**Work task:** Give the records again in full, exactly as written.

[[ Material for this exercise open ]]

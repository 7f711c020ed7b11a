//! A short text in a fixed array, which takes no memory as it grows.
//!
//! It is an `ArrayVec<u8, 320>` but for two things: a block of a fixed size is copied whole, beyond
//! the text's end, and the bytes after a short text are read with it. So neither copy depends on a
//! length, while an `ArrayVec` gives and takes its bytes up to its length alone, which takes up to
//! 5 % more instructions for a move.

ghost use Rattle.std.specs.Prelude.{◌≡◌, ◌+◌, ◌≤◌, ◌++◌, length, take, ℕ, List, ◌<◌, ◌↔◌, []};
ghost use Rattle.std.specs.Prelude.{IsTrue, drop};

use std::marker::Model;

// Enough for 64 numbers of at most 3 digits, each after a comma, and for a block's rest.
const MOST: usize = 320;

// The bytes of a text that are copied at once, if it has no more: two stores, whatever its
// length.
const SHORT: usize = 32;

/// Puts the first `len` bytes of a block into a place, from `at` on, and returns where they end.
/// The first N bytes are copied, and what is too much of them is overwritten by the next block: a
/// short text costs one store, whatever its length.
pub fn put_block<const N: usize>(place: &mut [u8], at: usize, block: &[u8], len: usize) -> usize
    requires room { at + N ≤ length place.old }
    requires wide { N ≤ length block.now }
    requires fits { len ≤ N }
    ensures text { take result place.new ≡ take at place.old ++ take len block.now }
    ensures end { result ≡ at + len }
{
    let mut bytes = [0; N];
    bytes.copy_from_slice(&block[..N]);
    place[at..at + N].copy_from_slice(&bytes);
    at + len
}

/// Puts bytes into a place, from `at` on, and returns where they end.
pub fn put<const N: usize>(place: &mut [u8], at: usize, bytes: &[u8; N]) -> usize
    requires { at + N ≤ length place.old }
    ensures text { take result place.new ≡ take at place.old ++ bytes.now }
    ensures end { result ≡ at + N }
{
    let bytes = *bytes;
    place[at..at + N].copy_from_slice(&bytes);
    at + N
}

/// A text of at most 320 bytes.
#[derive(Drop)]
pub struct Text {
    bytes: [u8; MOST],
    len: usize,
}

impl Model for Text {
    ghost Value = { List ℕ };

    ghost view = { λ a. take a.len a.bytes };

    ghost invariant = { λ a. a.len ≤ 320 };
}

impl Text {
    /// An empty text.
    pub fn new() -> Text
        ensures { result ≡ [] }
    {
        Text {
            bytes: [b' '; MOST],
            len: 0,
        }
    }

    /// The bytes.
    pub fn as_slice(&self) -> &[u8]
        ensures { result.now ≡ self.now }
    {
        &self.bytes[..self.len]
    }

    /// Whether there is no byte.
    pub fn is_empty(&self) -> bool
        ensures { IsTrue result ↔ length self.now ≡ 0 }
    {
        self.len == 0
    }

    /// Appends bytes.
    pub fn push(&mut self, text: &[u8])
        requires { length self.old + length text.now ≤ 320 }
        ensures { self.new ≡ self.old ++ text.now }
    {
        let end = self.len + text.len();
        self.bytes[self.len..end].copy_from_slice(text);
        self.len = end;
    }

    /// Appends the first `len` bytes of a block.
    pub fn push_block(&mut self, block: &[u8; 4], len: usize)
        requires room { length self.old + 4 ≤ 320 }
        requires fits { len ≤ 4 }
        ensures { self.new ≡ self.old ++ take len block.now }
    {
        self.len = put_block::<4>(&mut self.bytes, self.len, block, len);
    }

    /// Puts all but the first byte into a place, from `at` on, and returns where that ends.
    pub fn put_rest(&self, place: &mut [u8], at: usize) -> usize
        requires some { 0 < length self.now }
        requires room { at + 320 ≤ length place.old }
        ensures text { take result place.new ≡ take at place.old ++ drop 1 self.now }
        ensures most { result ≤ at + 320 }
    {
        let len = self.len - 1;
        if len <= SHORT {
            place[at..at + SHORT].copy_from_slice(&self.bytes[1..1 + SHORT]);
            return at + len;
        }
        place[at..at + len].copy_from_slice(&self.bytes[1..self.len]);
        at + len
    }

    /// Takes `count` bytes out, from the place `at` on.
    pub fn remove(&mut self, at: usize, count: usize)
        requires { at + count ≤ length self.old }
        ensures { self.new ≡ take at self.old ++ drop (at + count) self.old }
    {
        self.bytes.copy_within(at + count..self.len, at);
        self.len -= count;
    }

    /// Puts the first `len` bytes of a block in, at the place `at`.
    pub fn insert(&mut self, at: usize, block: &[u8; 4], len: usize)
        requires place { at ≤ length self.old }
        requires room { length self.old + 4 ≤ 320 }
        requires fits { len ≤ 4 }
        ensures { self.new ≡ (take at self.old ++ take len block.now) ++ drop at self.old }
    {
        self.bytes.copy_within(at..self.len, at + len);
        self.bytes[at..at + len].copy_from_slice(&block[..len]);
        self.len += len;
    }
}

[[ Material for this exercise closed ]]

**Expected output:**
repository 7f711c020ed7b11a
//! A short text in a fixed array, which takes no memory as it grows.
//!
//! It is an `ArrayVec<u8, 320>` but for two things: a block of a fixed size is copied whole, beyond
//! the text's end, and the bytes after a short text are read with it. So neither copy depends on a
//! length, while an `ArrayVec` gives and takes its bytes up to its length alone, which takes up to
//! 5 % more instructions for a move.

ghost use Rattle.std.specs.Prelude.{◌≡◌, ◌+◌, ◌≤◌, ◌++◌, length, take, ℕ, List, ◌<◌, ◌↔◌, []};
ghost use Rattle.std.specs.Prelude.{IsTrue, drop};

use std::marker::Model;

// Enough for 64 numbers of at most 3 digits, each after a comma, and for a block's rest.
const MOST: usize = 320;

// The bytes of a text that are copied at once, if it has no more: two stores, whatever its
// length.
const SHORT: usize = 32;

/// Puts the first `len` bytes of a block into a place, from `at` on, and returns where they end.
/// The first N bytes are copied, and what is too much of them is overwritten by the next block: a
/// short text costs one store, whatever its length.
pub fn put_block<const N: usize>(place: &mut [u8], at: usize, block: &[u8], len: usize) -> usize
    requires room { at + N ≤ length place.old }
    requires wide { N ≤ length block.now }
    requires fits { len ≤ N }
    ensures text { take result place.new ≡ take at place.old ++ take len block.now }
    ensures end { result ≡ at + len }
{
    let mut bytes = [0; N];
    bytes.copy_from_slice(&block[..N]);
    place[at..at + N].copy_from_slice(&bytes);
    at + len
}

/// Puts bytes into a place, from `at` on, and returns where they end.
pub fn put<const N: usize>(place: &mut [u8], at: usize, bytes: &[u8; N]) -> usize
    requires { at + N ≤ length place.old }
    ensures text { take result place.new ≡ take at place.old ++ bytes.now }
    ensures end { result ≡ at + N }
{
    let bytes = *bytes;
    place[at..at + N].copy_from_slice(&bytes);
    at + N
}

/// A text of at most 320 bytes.
#[derive(Drop)]
pub struct Text {
    bytes: [u8; MOST],
    len: usize,
}

impl Model for Text {
    ghost Value = { List ℕ };

    ghost view = { λ a. take a.len a.bytes };

    ghost invariant = { λ a. a.len ≤ 320 };
}

impl Text {
    /// An empty text.
    pub fn new() -> Text
        ensures { result ≡ [] }
    {
        Text {
            bytes: [b' '; MOST],
            len: 0,
        }
    }

    /// The bytes.
    pub fn as_slice(&self) -> &[u8]
        ensures { result.now ≡ self.now }
    {
        &self.bytes[..self.len]
    }

    /// Whether there is no byte.
    pub fn is_empty(&self) -> bool
        ensures { IsTrue result ↔ length self.now ≡ 0 }
    {
        self.len == 0
    }

    /// Appends bytes.
    pub fn push(&mut self, text: &[u8])
        requires { length self.old + length text.now ≤ 320 }
        ensures { self.new ≡ self.old ++ text.now }
    {
        let end = self.len + text.len();
        self.bytes[self.len..end].copy_from_slice(text);
        self.len = end;
    }

    /// Appends the first `len` bytes of a block.
    pub fn push_block(&mut self, block: &[u8; 4], len: usize)
        requires room { length self.old + 4 ≤ 320 }
        requires fits { len ≤ 4 }
        ensures { self.new ≡ self.old ++ take len block.now }
    {
        self.len = put_block::<4>(&mut self.bytes, self.len, block, len);
    }

    /// Puts all but the first byte into a place, from `at` on, and returns where that ends.
    pub fn put_rest(&self, place: &mut [u8], at: usize) -> usize
        requires some { 0 < length self.now }
        requires room { at + 320 ≤ length place.old }
        ensures text { take result place.new ≡ take at place.old ++ drop 1 self.now }
        ensures most { result ≤ at + 320 }
    {
        let len = self.len - 1;
        if len <= SHORT {
            place[at..at + SHORT].copy_from_slice(&self.bytes[1..1 + SHORT]);
            return at + len;
        }
        place[at..at + len].copy_from_slice(&self.bytes[1..self.len]);
        at + len
    }

    /// Takes `count` bytes out, from the place `at` on.
    pub fn remove(&mut self, at: usize, count: usize)
        requires { at + count ≤ length self.old }
        ensures { self.new ≡ take at self.old ++ drop (at + count) self.old }
    {
        self.bytes.copy_within(at + count..self.len, at);
        self.len -= count;
    }

    /// Puts the first `len` bytes of a block in, at the place `at`.
    pub fn insert(&mut self, at: usize, block: &[u8; 4], len: usize)
        requires place { at ≤ length self.old }
        requires room { length self.old + 4 ≤ 320 }
        requires fits { len ≤ 4 }
        ensures { self.new ≡ (take at self.old ++ take len block.now) ++ drop at self.old }
    {
        self.bytes.copy_within(at..self.len, at + len);
        self.bytes[at..at + len].copy_from_slice(&block[..len]);
        self.len += len;
    }
}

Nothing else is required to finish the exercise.